Looking the scorers for PhraseQuery, I think there are some speedups
we could do:
- The AND part of the scorer (which advances to the next doc that
has all the terms), in PhraseScorer.doNext, should do the same
optimizing as BooleanQuery's ConjunctionScorer, ie sort terms from
rarest to most frequent. I don't think it should use a linked
list/firstToLast() that it does today.
- We do way too much work now when .score() is not called, because
we go and find all occurrences of the phrase in the doc, whereas
we should stop only after finding the first and then go and count
the rest if .score() is called.
- For the exact case, I think we can use two int arrays to find the
matches. The first array holds the count of how many times a term
in the phrase "matched" a phrase starting at that position. When
that count == the number of terms in the phrase, it's a match.

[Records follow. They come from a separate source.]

//! A stub of gdb's remote protocol over a recorded run: its line, what gdb's user commands, and a whole session.
//!
//! [`Stub::serve`] answers what a reader gives, byte by byte, over a writer.
#![tactic(auto)]

mod command;
mod fault;
mod line;
mod monitor;
mod refusals;
mod serve;
mod stub;

pub use fault::DebugFault;
pub use stub::Stub;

The 2nd is a "gen" array (holds docID when that count was last
touched), to avoid clearing. Ie when incrementing the count, if
the docID != gen, we reset count to 0. I think this'd be faster
than the PQ we now use. Downside of this is if you have immense
docs (position gets very large) we'd need 2 immense arrays.
It'd be great to do LUCENE-1252 along with this, ie factor
PhraseScorer into two AND'd sub-scorers (LUCENE-1252 is open for
this). The first one should be ConjunctionScorer, and the 2nd one
checks the positions (ie, either the exact or sloppy scorers). This
would mean if the PhraseQuery is AND'd w/ other clauses (or, a filter
is applied) we would save CPU by not checking the positions for a doc
unless all other AND'd clauses accepted the doc.